Boy singers have been involved with the Christian church from early in the church's history. They were an important pat of church services for centuries. New forms of music were developed as the choirs moved from Gregorian chant to polyphony. While the boy choir tradition was almost lost in the strife and warfare following the Reformation. The different Christian churches have viewd boy choir music differently. The tradition was further weakened by the anti-clerical direction of the French Revolution. Boy choirs survived in England and a few locations in Germany and Austria. The boy choir tradition has been revived in the 20th century, by both church and secular choirs.
Boy singers have been highly valued by the Christian Church in its liturgy from an early stage in its history. According to tradition, it was in the 6th century that Pope Gregory founded the Schola Puerorum at St. John Lateran and St. Peter's Basilica. Pope Gregory the Great initiated catholic ecclesiastical song. He acted during his pontificate to ensure the conformity of liturgical styles as was demanded by Rome. Song became the due expression of the church service succeeding the discipline of lector which young clerics were taught until the age of 20. Clerics in the early church passed music on by memory and the tune was the vehicle for the words. It was not until the 10th century that true progress was made in the notation of music.
The music of the early church was without instrmental accompaniment which was considered pagan even though the harp, in the Old Testament, is considered to be the "acting soul". In this respect, for a young girl's education, Saint Jerome recommends: "May she be deaf to the organ, to the lyre, to the zither. May she not know why these were invented!" But the teaching of song was promoted. "Let God's ministers bring together not only the young of modest means but others as well. Let there be reading schools for children; let psalms, notes, song, arithmetic and grammar be taught in all monasteries and bishopries". Never did an emperor have such regard for children. "Alas," the schoolboys will cry. These recommendations were to contribute to the unification of an empire and brought about the development of a musical culture throughout Europe. Numerous schools were thus founded. Charlemagne had his, the "Schola Palatina" in Aachen, whose choir he conducted himself.
In the 11th century Guido of Arezzo composed the Micrologus as a didactic aid in teaching chant to boy singers. The austere and monophonic Gregorian chant was followed by polyphony which was being developed at the start of notation. During the Middle Ages all cathedral and churches of any consequence possessed trained boy choristers. At the end of the Middle Ages choir schools were flourishing throughout Europe.
HBC at this time has incomplete information on this phenomenon. It was, however, a way of preserving the beautiful voices of boy singers. At the very origin songs in the Catholic church were interpreted by the famous "castrati". I am not sure just when this practice began, but their music was an important element of baroque music. This appears to have primarily a phenomenon of the church in Italy. The role of women in the church, including song was restricted by the result of apostle Paul's epistle "Mulier taceat in ecclesia" (women silent in church). Then came the year 1498 story of Maximilien I replacing the castrati by singing boys.
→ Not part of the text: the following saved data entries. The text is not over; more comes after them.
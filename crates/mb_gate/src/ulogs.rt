ghost use Rattle.std.specs.Prelude.{◌≡◌, ◌∷◌, ◌++◌, ◌+◌, ◌<◌, ◌≤◌, [], OnOk, OnErr, IsOk, IfSome, IfNone};

use mb_edge::NoMemory;
use mb_room::Roomy;
use std::alloc::Global;
use std::marker::Model;

/// What a call in flight did that is taken back when the call is unwound.
#[derive(Clone, Copy, Debug, PartialEq, Eq, Drop)]
pub enum Undo {
    /// It entered.
    Entered,
    /// It pinned this block.
    Pinned(u32),
    /// It reserved this descriptor, one of 3 to 19.
    Reserved(u16),
    /// It took the right to commit alone.
    Floor,
}

/// What a call in flight did that is taken back. A contract sees the list, the newest step last, and the room.
#[derive(Drop)]
pub struct Ulog {
    steps: Roomy<Undo>,
}

impl Model for Ulog {
    ghost use Rattle.mb_room.specs.Room.{Roomy};
    ghost use Rattle.mb_gate.specs.declared.ulogs.Undo.{Undo};

    ghost Value = { Roomy Undo };

    ghost view = { λ log. log.steps };
}

impl Ulog {
    /// The empty log; needs no memory.
    pub fn new(alloc: Global) -> Ulog
        ensures { result.items ≡ [] }
    {
        Ulog {
            steps: Roomy::new(alloc),
        }
    }

    /// Makes room for so many more steps. Nothing else changes. The only error is want of memory, and it does not
    /// come where there is room already.
    pub fn reserve(&mut self, more: usize) -> Result<(), NoMemory>
        ensures ok { OnOk result (more ≤ self.new.spare) }
        ensures same { self.new.items ≡ self.old.items }
        ensures kept { self.old.spare ≤ self.new.spare }
        ensures sure { more ≤ self.old.spare → IsOk result }
    {
        self.steps.reserve(more)
    }

    /// Adds the newest step. The only error is want of memory, which does not come where there is room; the log is
    /// then as before.
    pub fn push(&mut self, step: Undo) -> Result<(), NoMemory>
        ensures ok { OnOk result (self.new.items ≡ self.old.items ++ step ∷ []) }
        ensures err { OnErr result (self.new.items ≡ self.old.items) }
        ensures sure { 0 < self.old.spare → IsOk result }
        ensures spare { self.old.spare ≤ self.new.spare + 1 }
    {
        self.steps.reserve(1)?;
        self.steps.push(step);
        Ok(())
    }

    /// Takes the newest step out, which leaves room for it; `None` exactly where the log is empty. Needs no memory.
    pub fn pop(&mut self) -> Option<Undo>
        ensures some { IfSome result (λ step. self.old.items ≡ self.new.items ++ step ∷ []) }
        ensures spare { IfSome result (λ step. self.old.spare + 1 ≤ self.new.spare) }
        ensures none { IfNone result (self.old.items ≡ []) }
        ensures same { IfNone result (self.new ≡ self.old) }
    {
        self.steps.pop()
    }
}
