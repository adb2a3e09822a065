ghost use Rattle.mb_walks.specs.Worked.{WorkedKept};

/// What a volume keeps of block 1's cache of free numbers, and of an inode that comes free, on numbers that were worked out
/// by hand (V7 filsys(5)).
pub fn worked_kept()
    ensures { WorkedKept }
{}
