/// Whether a call with a ticket goes on.
#[derive(Clone, Copy, Debug, PartialEq, Eq, Drop)]
pub enum Verdict {
    /// The ticket is of another incarnation than the present one: `mine` is the ticket's, `now` the present one.
    Skip { mine: u32, now: u32 },
    /// A recovery is in progress.
    Shut,
    /// The call goes on.
    Pass,
}
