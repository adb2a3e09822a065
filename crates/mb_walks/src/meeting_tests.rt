use crate::walk::{SUPER, Walk, creat, node, path, write};
use mb_kinds::{Call, Errno, Reply};
use mb_tree::{Body, Map};
use std::test::Fail;

#[test]
fn two_bytes_are_written_to_a_new_file(rt: HostRuntime) -> Result<(), Fail> {
    let heap = rt.alloc();
    let mut walk = Walk::fresh(heap, &[SUPER])?;
    walk.expect(&rt, 0, creat(heap, b"/f", 0o644), Some(3), Reply::Num(3));
    walk.expect(&rt, 0, write(heap, 3, b"hi"), None, Reply::Num(2));
    walk.expect(&rt, 0, Ok(Call::Close { fd: 3 }), None, Reply::Num(0));
    walk.expect(&rt, 0, Ok(Call::Exit), None, Reply::Num(0));
    Ok(())
}

// The second creat finds the file of the first, and picks no inode.
#[test]
fn two_callers_create_one_file(rt: HostRuntime) -> Result<(), Fail> {
    let heap = rt.alloc();
    let mut walk = Walk::fresh(heap, &[SUPER, SUPER])?;
    walk.expect(&rt, 0, creat(heap, b"/f", 0o644), Some(3), Reply::Num(3));
    walk.expect(&rt, 1, creat(heap, b"/f", 0o644), None, Reply::Num(3));
    walk.expect(&rt, 0, Ok(Call::Exit), None, Reply::Num(0));
    walk.expect(&rt, 1, Ok(Call::Exit), None, Reply::Num(0));
    Ok(())
}

#[test]
fn one_file_comes_between_five_of_another_caller(rt: HostRuntime) -> Result<(), Fail> {
    let heap = rt.alloc();
    let mut walk = Walk::fresh(heap, &[SUPER, SUPER])?;
    walk.expect(&rt, 1, creat(heap, b"/p", 0o644), Some(3), Reply::Num(3));
    walk.expect(&rt, 1, creat(heap, b"/q", 0o644), Some(4), Reply::Num(4));
    walk.expect(&rt, 1, creat(heap, b"/r", 0o644), Some(5), Reply::Num(5));
    walk.expect(&rt, 1, creat(heap, b"/s", 0o644), Some(6), Reply::Num(6));
    walk.expect(&rt, 0, creat(heap, b"/x", 0o644), Some(7), Reply::Num(3));
    walk.expect(&rt, 1, creat(heap, b"/t", 0o644), Some(8), Reply::Num(7));
    walk.expect(&rt, 0, Ok(Call::Exit), None, Reply::Num(0));
    walk.expect(&rt, 1, Ok(Call::Exit), None, Reply::Num(0));
    Ok(())
}

#[test]
fn paths_are_split_at_slashes(rt: HostRuntime) -> Result<(), Fail> {
    let heap = rt.alloc();
    let mut walk = Walk::fresh(heap, &[SUPER])?;
    let d = path(heap, b"/d")?;
    let mkdir = Call::Mkdir {
        path: d,
        mode: 0o755,
    };
    walk.expect(&rt, 0, Ok(mkdir), Some(3), Reply::Num(0));
    walk.expect(&rt, 0, creat(heap, b"/d/f", 0o644), Some(4), Reply::Num(3));
    walk.expect_ino(&rt, b"", 2);
    walk.expect_ino(&rt, b"/", 2);
    walk.expect_ino(&rt, b".", 2);
    walk.expect_ino(&rt, b"/..", 2);
    walk.expect_ino(&rt, b"/d/", 3);
    walk.expect_ino(&rt, b"d/.", 3);
    walk.expect_ino(&rt, b"/d/..", 2);
    walk.expect_ino(&rt, b"//d//f", 4);
    walk.expect_ino(&rt, b"/../d/./f/", 4);
    Ok(())
}

// Of a component the first 14 bytes count.
#[test]
fn a_path_of_255_bytes_names_a_file(rt: HostRuntime) -> Result<(), Fail> {
    let heap = rt.alloc();
    let mut walk = Walk::fresh(heap, &[SUPER])?;
    let long = [b'x'; 255];
    walk.expect(&rt, 0, creat(heap, &long, 0o644), Some(3), Reply::Num(3));
    walk.expect_ino(&rt, b"/xxxxxxxxxxxxxx", 3);
    walk.expect_ino(&rt, b"/xxxxxxxxxxxxxxy", 3);
    let other = path(heap, b"/xxxxxxxxxxxxx")?;
    walk.expect(
        &rt,
        0,
        Ok(Call::Stat { path: other }),
        None,
        Reply::Refused(Errno::ENOENT),
    );
    Ok(())
}

// There are 14 inodes beside the root and inode 1.
#[test]
fn inodes_run_out(rt: HostRuntime) -> Result<(), Fail> {
    let heap = rt.alloc();
    let mut walk = Walk::fresh(heap, &[SUPER])?;
    for ino in 3..17u16 {
        let name = [b'/', b'a' + (ino % 16) as u8];
        walk.expect(&rt, 0, creat(heap, &name, 0o644), Some(ino), Reply::Num(3));
        walk.expect(&rt, 0, Ok(Call::Close { fd: 3 }), None, Reply::Num(0));
    }
    walk.expect(
        &rt,
        0,
        creat(heap, b"/z", 0o644),
        None,
        Reply::Refused(Errno::ENOSPC),
    );
    Ok(())
}

#[test]
fn a_file_has_32767_names_at_most(rt: HostRuntime) -> Result<(), Fail> {
    let heap = rt.alloc();
    for (nlink, want) in [
        (32766, Reply::Num(0)),
        (32767, Reply::Refused(Errno::EMLINK)),
    ] {
        let mut walk = Walk::fresh(heap, &[SUPER])?;
        walk.expect(&rt, 0, creat(heap, b"/f", 0o644), Some(3), Reply::Num(3));
        let parts = Map::new(heap);
        let file = node(0o100644, nlink, Body::Regular { size: 0, parts });
        walk.machine.tree.nodes.insert(3, file)?;
        let link = Call::Link {
            from: path(heap, b"/f")?,
            to: path(heap, b"/g")?,
        };
        walk.expect(&rt, 0, Ok(link), None, want);
    }
    Ok(())
}
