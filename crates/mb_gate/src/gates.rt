ghost use Rattle.std.specs.Prelude.{◌≡◌};
ghost use Rattle.mb_gate.specs.Verdicts.{verdict_of};

use crate::verdicts::Verdict;
use mb_kinds::Ticket;

/// Whether the call with that ticket goes on in a volume of that incarnation, where `shut` says that a recovery is
/// in progress: `Skip` exactly where the ticket is of another incarnation, else `Shut` exactly where the volume is
/// shut, else `Pass`.
pub fn verdict(ticket: &Ticket, incarnation: u32, shut: bool) -> Verdict
    ensures { result ≡ verdict_of ticket.now incarnation shut }
{
    if ticket.incarnation != incarnation {
        return Verdict::Skip {
            mine: ticket.incarnation,
            now: incarnation,
        };
    }
    if shut { Verdict::Shut } else { Verdict::Pass }
}
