//! The gate of the restart layer: whether a ticket may pass, and what a call in flight did that is taken back when
//! the call is unwound.
//!
//! `verdict` is exact: `specs/Verdicts.antt` says what each ticket is answered. A contract sees an undo log as the list
//! of its steps, the newest last, and its room, the number of steps that it takes without memory. `pop` never wants
//! memory, so unwinding cannot meet want of it.
#![tactic(auto)]

mod gates;
mod ulogs;
mod verdicts;

pub use gates::verdict;
pub use ulogs::{Ulog, Undo};
pub use verdicts::Verdict;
The tradition of boy choirs faded in many countries during the 18th and 19th centuries. The disorders and wars associated with the Reformation, Counter-Reformation and French Revolutions took their toll on the Cathedrals, churches, and royal families that had supported boy choirs. In France, it was unable to survive the establishment of the Republic which was less tolerant of ecclesiastical etiquette than the
Germanic countries where choir schools declined only temporarily. There too, however, intellectual and artistic currents
weakened the institution, which was then under the responsibility of Lutheran town councils who, little by little, let it fall into
decline. The relative stability of England has left that country with many of the few current choirs which
can date their foundation back many centuries. Even in England, however, boys' song was also at risk in the industrial and capitalist England of the early 19th Century.
There has been a movement in the 20th century to revive boy choirs. Pope Pius X in 1903 made a significant effort to return boys to their traditional place as singers, as part of his sweeping liturgical and musical reforms in the Catholic Church. Many countries took up this challenge and proceeded to re-found boys' choirs as part of their reform of church music. In France in 1907, Paul Berthier founded a group called Les Petits Chanteurs a la Croix de Bois, who, under their subsequent director L'Abbe Maillet, toured the towns and villages as a sort of missionary group for this type of liturgical singing involving boys. Their symbol was a wooden cross on a white alb, their liturgical dress. Other groups in Europe soon followed their example.